= Wanda L. Bass =

US philanthropist and banker

Wanda L. Bass (January 5, 1927 – February 12, 2008) was an American philanthropist and banker. Bass donated most of the $38.5 million for the Wanda L. Bass School of Music at Oklahoma City University. In addition, she gave a separate $2.1 million gift to purchase 105 Steinway pianos. Bass was noted for her donations of time and money to the McAlester Public Schools and numerous other causes in Oklahoma.

== Early life==

Bass was born Wanda Louise Jones on January 5, 1927, in Ewing, Texas, a small mill town near Lufkin, to Ina Pearl Laird Jones and Talmadge Jones. She attended the University of Texas at Austin and graduated with a bachelor's degree in nutrition with a minor in management. She worked for Humble Oil Company as a dietician and later worked for Lone Star Gas Company.

She married Clark Bass, a banker, on November 25, 1951, in DeQueen, Arkansas. The newly married couple moved to Durant, Oklahoma, where he was president of a local bank. Clark organized the Inwood National Bank in Dallas, Texas, in 1961. In 1963, Clark became president of the First National Bank and Trust of McAlester in McAlester, and the family moved to McAlester in 1966.

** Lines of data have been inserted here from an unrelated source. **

//! The lines of a script or of a file of questions, each borrowed from the text.
ghost use Rattle.std.specs.Prelude.{◌≡◌, ℕ, List, [], ◌∷◌, MatchOption};
ghost use Rattle.union_words.specs.Lines.{lines_of, without_return, is_skipped};

use memchr::memchr;
use std::marker::Model;

/// The lines of a text that are still to come. Contracts see them as the list of these lines.
#[derive(Drop)]
pub struct Lines<'a> {
    rest: Option<&'a [u8]>,
}

impl<'a> Model for Lines<'a> {
    ghost use Rattle.std.specs.Prelude.{List, ℕ};
    ghost use Rattle.std.specs.Option.{option_copied};
    ghost use Rattle.union_words.specs.Lines.{lines_left};

    ghost Value = { List (List ℕ) };

    ghost view = { λ lines. lines_left (option_copied lines.rest) };
}

impl<'a> Lines<'a> {
    /// The lines of the text. Each ends at a line feed or at the end of the text, and is without the carriage return at
    /// its end. Takes no memory.
    pub fn of(text: &'a [u8]) -> Lines<'a>
        ensures { result ≡ lines_of text.now }
    {
        Lines { rest: Some(text) }
    }

    /// The next line, and None where no more is to come. Takes no memory.
    pub fn next(&mut self) -> Option<&'a [u8]>
        ensures { MatchOption result ((self.old ≡ []) × (self.new ≡ []))
            (λ line. self.old ≡ line.now ∷ self.new) }
    {
        let text = self.rest?;
        let (line, rest) = first_line(text);
        self.rest = rest;
        Some(line)
    }
}

/// The first line, and the text after its line feed: None where the line ends at the end of the text.
fn first_line(text: &[u8]) -> (&[u8], Option<&[u8]>)
    ensures { MatchOption result.1 (lines_of text.now ≡ result.0.now ∷ [])
        (λ rest. lines_of text.now ≡ result.0.now ∷ lines_of rest.now) }
{
    match memchr(b'\n', text) {
        Some(at) => (
            without_return(text.split_at(at).0),
            Some(text.split_at(at + 1).1),
        ),
        None => (without_return(text), None),
    }
}

/// The line without the carriage return at its end.
fn without_return(line: &[u8]) -> &[u8]
    ensures { result.now ≡ without_return line.now }
{
    match line.strip_suffix(b"\r") {
        Some(front) => front,
        None => line,
    }
}

/// Whether a line is passed over: an empty one, and one that begins with `#`. Takes no memory.
pub fn is_skipped(line: &[u8]) -> bool
    ensures { result ≡ is_skipped line.now }
{
    match line {
        [] => true,
        [first, ..] => *first == b'#',
    }
}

The couple had three children: Louise, Boyd, and Carlton. After Clark Bass died in 1999, Wanda succeeded him as chairman of the board of the bank. Wanda died on February 12, 2008.

==Philanthropy==

Bass donated millions of dollars and thousands of hours to Oklahoma economic development, arts, and education. In 1998, Bass helped establish the McAlester campus of Eastern Oklahoma State College, and the higher education center on the campus is named after her.

When Louise Bass enrolled at Oklahoma City University as a music student, Wanda became involved in raising money and donating time to the university. In 2006, the 113,000 sqft Wanda L. Bass Music Center opened at a cost of $38.5 million. In addition, Bass contracted with Steinway & Sons to purchase 105 grand pianos; at the time, it was the largest order in Steinway's history.